◆ **Task to complete**
Without omission or alteration, write out all of the data.

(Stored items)
------------------------------------------------------------------------

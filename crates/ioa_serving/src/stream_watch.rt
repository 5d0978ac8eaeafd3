//! `watch`: which specifications refuse an action of a stream.

ghost use Rattle.std.specs.Prelude.{◌≡◌, ◌⊎◌, IfOk, IfErr, IsErrOf};
ghost use Rattle.std.specs.List.{list_any};
ghost use Rattle.ioa_device.specs.Devices.{BothPassUnless, change};
ghost use Rattle.ioa_device.specs.declared.failure.LogErr.{LogErr};
ghost use Rattle.ioa_device.specs.Failing.{HasFailed};
ghost use Rattle.ioa_request.specs.Pasted.{texts};
ghost use Rattle.ioa_watch.specs.Streaming.{has_refused};
ghost use Rattle.ioa_serving.specs.Serving.{reports_of};
ghost use Rattle.ioa_serving.specs.Statuses.{watch_status};
ghost use Rattle.ioa_serving.specs.Watching.{IsWatchFailure, IsWatchServed};

use crate::failure::Failure;
use crate::served::Served;
use crate::specifications::specified_in;
use crate::status::Status;
use crate::stream_counts::counts_or_none;
use ioa_device::{InputDevice, OutputDevice};
use ioa_watch::{Watcher, watch};
use std::alloc::Global;

/// Watches a stream of actions by compositions of a source, given the bytes of both: writes a line for each that refuses an action, as soon as it does, and
/// at the end of the stream one for each that refused none; answers whether one refused something by the status. It ends there, or as soon as all have refused
/// something; where the first refusal is enough, as soon as one has. Where objects are asked for, each line is one. Where the counts are asked for, they are left to be told, unless memory is short for them.
///
/// Kept of the stream are one line and the components' states, however long it is.
///
/// # Errors
/// `SourceWanted`, `Refused` and `SpecHasInternal`, which are found before the stream is read; `List` where a line is none, or a device failed in this
/// call; or want of memory. What was told before is written then, or, where a device failed, a beginning of it.
pub fn watch_text<R: InputDevice, W: OutputDevice>(
    alloc: Global,
    text: &[u8],
    compositions: &[&str],
    first: bool,
    counts: bool,
    json: bool,
    input: &mut R,
    output: &mut W,
) -> Result<Served, Failure>
    ensures watches { IfOk result (λ s. IsWatchServed text.now (texts compositions.now) first counts json (R.remaining input.old)
        (W.contents output.old) (W.contents output.new) (reports_of s) s.status) }
    ensures refused { IfErr result (λ e. IsWatchFailure text.now (texts compositions.now) first json (R.remaining input.old)
        (HasFailed (R.failure_count input.old) (R.failure_count input.new) ⊎ HasFailed (W.failure_count output.old) (W.failure_count output.new))
        (W.contents output.old) (W.contents output.new) e) }
    ensures devices { BothPassUnless (IsErrOf result (Failure.List LogErr.Io)) (change R.remaining R.failure_count input.old input.new) (change W.contents W.failure_count output.old output.new) }
{
    let given = specified_in(alloc, text, compositions)?;
    let watchers = watch(
        alloc,
        given.checked.types(),
        &given.programs,
        first,
        json,
        input,
        output,
    )?;
    let reports = counts_or_none(alloc, counts, &watchers);
    Ok(Served {
        status: status_of_watch(some_refused(&watchers)),
        reports,
    })
}

/// The exit status of a watch in which something is refused, or nothing.
fn status_of_watch(refused: bool) -> Status
    ensures { result ≡ watch_status refused }
{
    if refused {
        Status::NotAccepted
    } else {
        Status::Done
    }
}

/// Whether one of these refused something.
fn some_refused(watchers: &[Watcher<'_>]) -> bool
    ensures { result ≡ list_any has_refused watchers.now }
{
    watchers.iter().any(|watcher| watcher.refusal().is_some())
}
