//! Logs from which runs go on, from files.

ghost use Rattle.std.specs.Prelude.{◌≡◌, IfOk, IfErr};
ghost use Rattle.std.specs.Option.{option_copied};
ghost use Rattle.ioa_system.specs.Logs.{logged};
ghost use Rattle.ioa_serving.specs.Resuming.{IsFrom, IsLogless, unread_log};

use crate::failure::Failure;
use crate::store::Store;
use ioa_device::{Counted, LogErr};
use ioa_log::{Log, LogEnd};
use ioa_replay::read_log;
use ioa_value::Types;
use std::alloc::Global;

/// The log from which a run goes on: that in a file or, without a file, that of nothing.
///
/// # Errors
/// `RunLog` where the file holds no log; `Io` where it is not read; or want of memory.
pub fn load_log<F: Store>(
    alloc: Global,
    types: &Types,
    file: Option<&str>,
    store: &F,
) -> Result<Log, Failure>
    ensures from { IfOk result (λ log. IsFrom (F.holds store.now) types.now (option_copied file.entry) (logged log)) }
    ensures refused { IfErr result (λ e. IsLogless (F.holds store.now) (F.lacks store.now) types.now (option_copied file.entry) e) }
{
    let Some(name) = file else {
        return Ok(Log {
            entries: Vec::new(alloc),
            end: LogEnd::Done(0),
        });
    };
    let text = store.load_whole(alloc, name)?;
    let mut device = Counted::new(text.as_slice());
    match read_log(alloc, types, &mut device) {
        Ok(log) => Ok(log),
        Err(error) => Err(unread(error)),
    }
}

/// Why there is no run, where its log is refused so. The bytes are at hand, so that no device fails.
fn unread(error: LogErr) -> Failure
    ensures { result ≡ unread_log error }
{
    match error {
        LogErr::NotJson(_)
        | LogErr::BadEntry(_)
        | LogErr::WrongOwner(_)
        | LogErr::Diverges(_)
        | LogErr::NoEnd
        | LogErr::AfterEnd => Failure::RunLog(error),
        LogErr::Io | LogErr::OutOfMemory => Failure::OutOfMemory,
    }
}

------------------------------------------------------------------------

◆ **Written reply**
filename crates/ioa_serving/src/stream_watch.rt
repository 5d0978ac8eaeafd3
//! `watch`: which specifications refuse an action of a stream.

ghost use Rattle.std.specs.Prelude.{◌≡◌, ◌⊎◌, IfOk, IfErr, IsErrOf};
ghost use Rattle.std.specs.List.{list_any};
ghost use Rattle.ioa_device.specs.Devices.{BothPassUnless, change};
ghost use Rattle.ioa_device.specs.declared.failure.LogErr.{LogErr};
ghost use Rattle.ioa_device.specs.Failing.{HasFailed};
ghost use Rattle.ioa_request.specs.Pasted.{texts};
ghost use Rattle.ioa_watch.specs.Streaming.{has_refused};
ghost use Rattle.ioa_serving.specs.Serving.{reports_of};
ghost use Rattle.ioa_serving.specs.Statuses.{watch_status};
ghost use Rattle.ioa_serving.specs.Watching.{IsWatchFailure, IsWatchServed};

use crate::failure::Failure;
use crate::served::Served;
use crate::specifications::specified_in;
use crate::status::Status;
use crate::stream_counts::counts_or_none;
use ioa_device::{InputDevice, OutputDevice};
use ioa_watch::{Watcher, watch};
use std::alloc::Global;

/// Watches a stream of actions by compositions of a source, given the bytes of both: writes a line for each that refuses an action, as soon as it does, and
/// at the end of the stream one for each that refused none; answers whether one refused something by the status. It ends there, or as soon as all have refused
/// something; where the first refusal is enough, as soon as one has. Where objects are asked for, each line is one. Where the counts are asked for, they are left to be told, unless memory is short for them.
///
/// Kept of the stream are one line and the components' states, however long it is.
///
/// # Errors
/// `SourceWanted`, `Refused` and `SpecHasInternal`, which are found before the stream is read; `List` where a line is none, or a device failed in this
/// call; or want of memory. What was told before is written then, or, where a device failed, a beginning of it.
pub fn watch_text<R: InputDevice, W: OutputDevice>(
    alloc: Global,
    text: &[u8],
    compositions: &[&str],
    first: bool,
    counts: bool,
    json: bool,
    input: &mut R,
    output: &mut W,
) -> Result<Served, Failure>
    ensures watches { IfOk result (λ s. IsWatchServed text.now (texts compositions.now) first counts json (R.remaining input.old)
        (W.contents output.old) (W.contents output.new) (reports_of s) s.status) }
    ensures refused { IfErr result (λ e. IsWatchFailure text.now (texts compositions.now) first json (R.remaining input.old)
        (HasFailed (R.failure_count input.old) (R.failure_count input.new) ⊎ HasFailed (W.failure_count output.old) (W.failure_count output.new))
        (W.contents output.old) (W.contents output.new) e) }
    ensures devices { BothPassUnless (IsErrOf result (Failure.List LogErr.Io)) (change R.remaining R.failure_count input.old input.new) (change W.contents W.failure_count output.old output.new) }
{
    let given = specified_in(alloc, text, compositions)?;
    let watchers = watch(
        alloc,
        given.checked.types(),
        &given.programs,
        first,
        json,
        input,
        output,
    )?;
    let reports = counts_or_none(alloc, counts, &watchers);
    Ok(Served {
        status: status_of_watch(some_refused(&watchers)),
        reports,
    })
}

/// The exit status of a watch in which something is refused, or nothing.
fn status_of_watch(refused: bool) -> Status
    ensures { result ≡ watch_status refused }
{
    if refused {
        Status::NotAccepted
    } else {
        Status::Done
    }
}

/// Whether one of these refused something.
fn some_refused(watchers: &[Watcher<'_>]) -> bool
    ensures { result ≡ list_any has_refused watchers.now }
{
    watchers.iter().any(|watcher| watcher.refusal().is_some())
}
//! Logs from which runs go on, from files.

ghost use Rattle.std.specs.Prelude.{◌≡◌, IfOk, IfErr};
ghost use Rattle.std.specs.Option.{option_copied};
ghost use Rattle.ioa_system.specs.Logs.{logged};
ghost use Rattle.ioa_serving.specs.Resuming.{IsFrom, IsLogless, unread_log};

use crate::failure::Failure;
use crate::store::Store;
use ioa_device::{Counted, LogErr};
use ioa_log::{Log, LogEnd};
use ioa_replay::read_log;
use ioa_value::Types;
use std::alloc::Global;

/// The log from which a run goes on: that in a file or, without a file, that of nothing.
///
/// # Errors
/// `RunLog` where the file holds no log; `Io` where it is not read; or want of memory.
pub fn load_log<F: Store>(
    alloc: Global,
    types: &Types,
    file: Option<&str>,
    store: &F,
) -> Result<Log, Failure>
    ensures from { IfOk result (λ log. IsFrom (F.holds store.now) types.now (option_copied file.entry) (logged log)) }
    ensures refused { IfErr result (λ e. IsLogless (F.holds store.now) (F.lacks store.now) types.now (option_copied file.entry) e) }
{
    let Some(name) = file else {
        return Ok(Log {
            entries: Vec::new(alloc),
            end: LogEnd::Done(0),
        });
    };
    let text = store.load_whole(alloc, name)?;
    let mut device = Counted::new(text.as_slice());
    match read_log(alloc, types, &mut device) {
        Ok(log) => Ok(log),
        Err(error) => Err(unread(error)),
    }
}

/// Why there is no run, where its log is refused so. The bytes are at hand, so that no device fails.
fn unread(error: LogErr) -> Failure
    ensures { result ≡ unread_log error }
{
    match error {
        LogErr::NotJson(_)
        | LogErr::BadEntry(_)
        | LogErr::WrongOwner(_)
        | LogErr::Diverges(_)
        | LogErr::NoEnd
        | LogErr::AfterEnd => Failure::RunLog(error),
        LogErr::Io | LogErr::OutOfMemory => Failure::OutOfMemory,
    }
}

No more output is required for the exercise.